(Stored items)

+ + + +

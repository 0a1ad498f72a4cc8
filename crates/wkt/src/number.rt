//! Numbers: an optional sign, digits, and an optional fraction of zeros.

ghost use Rattle.std.specs.Prelude.{◌≡◌, ◌≤◌, ◌==◌, true, min, length, option_map};
ghost use Rattle.std.specs.Char.{is_ascii_digit as digit_test};
ghost use Rattle.std.specs.List.{list_all, prefix_len};
ghost use Rattle.std.specs.Str.{all_ascii_digits};
ghost use Rattle.wkt.specs.Numbers.{sign_of, is_zero_fraction as zero_fraction_test, capped_value as capped_digits, magnitude_of, coordinate_of};

use crate::fault::WktFault;
use plane::LIMIT;

/// Larger than every coordinate. Larger numbers are capped at it.
const TOO_LARGE: u32 = LIMIT as u32 + 1;

/// Whether the number has a minus sign, and what follows its sign.
fn unsigned_part(word: &[u8]) -> (bool, &[u8])
    ensures { (result.0, result.1.now) ≡ sign_of word.now }
{
    match word {
        [b'-', rest @ ..] => (true, rest),
        [b'+', rest @ ..] => (false, rest),
        _ => (false, word),
    }
}

/// Whether all bytes are the digit zero.
fn are_zeros(bytes: &[u8]) -> bool
    ensures { result ≡ list_all (λ z. z == 48) bytes.now }
{
    bytes.iter().all(|b| *b == b'0')
}

/// Whether the bytes are empty, or a period and zeros.
fn is_zero_fraction(bytes: &[u8]) -> bool
    ensures { result ≡ zero_fraction_test bytes.now }
{
    match bytes {
        [] => true,
        [b'.', zeros @ ..] => are_zeros(zeros),
        _ => false,
    }
}

/// The value of the digits, capped at `TOO_LARGE`.
fn capped_value(digits: &[u8]) -> u32
    requires { all_ascii_digits digits.now ≡ true }
    ensures { result ≡ capped_digits TOO_LARGE digits.now }
{
    let mut value = 0u32;
    for digit in digits {
        value = (value * 10 + (*digit - b'0') as u32).min(TOO_LARGE);
    }
    value
}

/// How many digits the word begins with.
#[tactic(auto, using(crate::proofs::DigitsLemmas::prefix_fits))]
fn digits_len(word: &[u8]) -> usize
    ensures value { result ≡ prefix_len digit_test word.now }
    ensures fits { result ≤ length word.now }
{
    word.iter().take_while(|b| b.is_ascii_digit()).count()
}

/// The number without its sign, capped at `TOO_LARGE`; `None` if the word is not a number.
#[tactic(auto, using(crate::proofs::NumbersLemmas::digits_of_word))]
fn magnitude(word: &[u8]) -> Option<u32>
    ensures { result ≡ option_map (λ n. min n TOO_LARGE) (magnitude_of word.now) }
{
    let len = digits_len(word);
    let (digits, fraction) = word.split_at(len);
    if len == 0 {
        return None;
    }
    if is_zero_fraction(fraction) {
        Some(capped_value(digits))
    } else {
        None
    }
}

/// The coordinate that the word spells; `at` is the place for its fault.
#[tactic(auto, unfolding(crate::specs::Numbers::coordinate_of))]
pub(crate) fn coordinate(at: usize, word: &[u8]) -> Result<i32, WktFault>
    ensures { result ≡ coordinate_of at word.now }
{
    let (negative, rest) = unsigned_part(word);
    let Some(n) = magnitude(rest) else {
        return Err(WktFault::Number(at));
    };
    if n == TOO_LARGE {
        return Err(WktFault::OutOfRange(at));
    }
    Ok(if negative { -(n as i32) } else { n as i32 })
}
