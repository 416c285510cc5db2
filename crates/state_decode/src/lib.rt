// The tag's state of bytes. A byte past the end reads 0.
#![tactic(auto)]

ghost use Rattle.std.specs.Prelude.{◌≡◌, ◌+◌, ◌≤◌, get_or};
ghost use Rattle.state.specs.Layout.{state_bytes, flag_of, word_of, radio_state_of, space_of, air_at, bus_of, bus_at, host_at, registers_at, mailbox_at, passwords_at, tag_of};

use air::{Air, RadioState};
use bus::{Bus, OpenTransfer, Space};
use keys::{Password, Passwords, Uid};
use mailbox::{Mailbox, Message};
use register_types::RfMngt;
use registers::Registers;
use tag::{Core, Host, Tag};

fn radio_state_of(n: u8) -> RadioState
    ensures { result ≡ radio_state_of n }
{
    match n {
        1 => RadioState::Quiet,
        2 => RadioState::Selected,
        _ => RadioState::Ready,
    }
}

fn space_of(n: u8) -> Space
    ensures { result ≡ space_of n }
{
    match n {
        1 => Space::System,
        _ => Space::User,
    }
}

fn word_of(low: u8, high: u8) -> u16
    ensures { result ≡ word_of low high }
{
    u16::from_le_bytes([low, high])
}

// Byte i of what starts at a place.
fn flag_at(s: &[u8], at: usize, i: usize) -> bool
    ensures { result ≡ flag_of (get_or s.now (at + i) 0) }
{
    parts::byte_in(s, at, i) == 1
}

fn air_at(s: &[u8], at: usize) -> Air
    ensures { result ≡ air_at s.now at }
{
    Air {
        field: flag_at(s, at, 0),
        radio: radio_state_of(parts::byte_in(s, at, 1)),
        session: parts::byte_in(s, at, 2),
        slots: parts::byte_in(s, at, 3),
    }
}

fn bus_of(
    kind: u8,
    kept: OpenTransfer,
    space: Space,
    flag: bool,
    last: bool,
    high: u8,
    count: u16,
) -> Bus
    ensures { result ≡ bus_of kind kept space flag last high count }
{
    match kind {
        1 => Bus::Started(if flag { Some(kept) } else { None }),
        2 => Bus::ReadLeg {
            kept,
            space,
            over: flag,
            last,
        },
        3 => Bus::WriteLeg { kept, space },
        4 => Bus::LowAddress { kept, space, high },
        5 => Bus::DataLeg {
            kept,
            space,
            count,
            spoiled: flag,
        },
        _ => Bus::Idle,
    }
}

fn bus_at(s: &[u8], at: usize) -> Bus
    ensures { result ≡ bus_at s.now at }
{
    let dynamic = RfMngt {
        bits: parts::byte_in(s, at, 7),
    };
    let kept = OpenTransfer { dynamic };
    let space = space_of(parts::byte_in(s, at, 1));
    let count = word_of(parts::byte_in(s, at, 5), parts::byte_in(s, at, 6));
    bus_of(
        parts::byte_in(s, at, 0),
        kept,
        space,
        flag_at(s, at, 2),
        flag_at(s, at, 3),
        parts::byte_in(s, at, 4),
        count,
    )
}

fn host_at(s: &[u8], at: usize) -> Host
    requires { at ≤ state_bytes }
    ensures { result ≡ host_at s.now at }
{
    Host {
        vcc: flag_at(s, at, 0),
        session: flag_at(s, at, 1),
        programming: flag_at(s, at, 2),
        counter: word_of(parts::byte_in(s, at, 3), parts::byte_in(s, at, 4)),
        bus: bus_at(s, at + state::BUS_OFFSET),
    }
}

fn registers_at(s: &[u8], at: usize) -> Registers
    ensures { result ≡ registers_at s.now at }
{
    let mut b = [0u8; state::REGISTERS_PART_LENGTH];
    parts::put_bytes(&mut b, 0, s, at, state::REGISTERS_PART_LENGTH);
    Registers::from_bytes(b)
}

fn mailbox_at(s: &[u8], at: usize) -> Mailbox
    ensures { result ≡ mailbox_at s.now at }
{
    Mailbox {
        enabled: flag_at(s, at, 0),
        host: Message {
            put: flag_at(s, at, 1),
            current: flag_at(s, at, 3),
        },
        rf: Message {
            put: flag_at(s, at, 2),
            current: flag_at(s, at, 4),
        },
        length: word_of(parts::byte_in(s, at, 5), parts::byte_in(s, at, 6)),
    }
}

fn passwords_at(s: &[u8], at: usize) -> Passwords
    requires { at ≤ state_bytes }
    ensures { result ≡ passwords_at s.now at }
{
    Passwords {
        rf0: Password::at(s, at + 8),
        rf1: Password::at(s, at + 16),
        rf2: Password::at(s, at + 24),
        rf3: Password::at(s, at + 32),
        i2c: Password::at(s, at),
    }
}

// The tag of bytes that decode; of others, some tag.
pub fn decode(s: &[u8]) -> Tag
    ensures { result ≡ tag_of s.now }
{
    let core = Core {
        registers: registers_at(s, state::REGISTERS_PART_PLACE),
        mailbox: mailbox_at(s, state::MAILBOX_PART_PLACE),
        passwords: passwords_at(s, state::PASSWORDS_PART_PLACE),
    };
    Tag {
        air: air_at(s, state::AIR_PART_PLACE),
        host: host_at(s, state::HOST_PART_PLACE),
        core,
        uid: Uid::at(s, state::UID_PART_PLACE),
    }
}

+ + + +

▶ [Task goal]
Extract every line of the records above that contains the word "usize".

▶ [Written response]
fn digits_len(word: &[u8]) -> usize
pub(crate) fn coordinate(at: usize, word: &[u8]) -> Result<i32, WktFault>
fn flag_at(s: &[u8], at: usize, i: usize) -> bool
fn air_at(s: &[u8], at: usize) -> Air
fn bus_at(s: &[u8], at: usize) -> Bus
fn host_at(s: &[u8], at: usize) -> Host
fn registers_at(s: &[u8], at: usize) -> Registers
fn mailbox_at(s: &[u8], at: usize) -> Mailbox
fn passwords_at(s: &[u8], at: usize) -> Passwords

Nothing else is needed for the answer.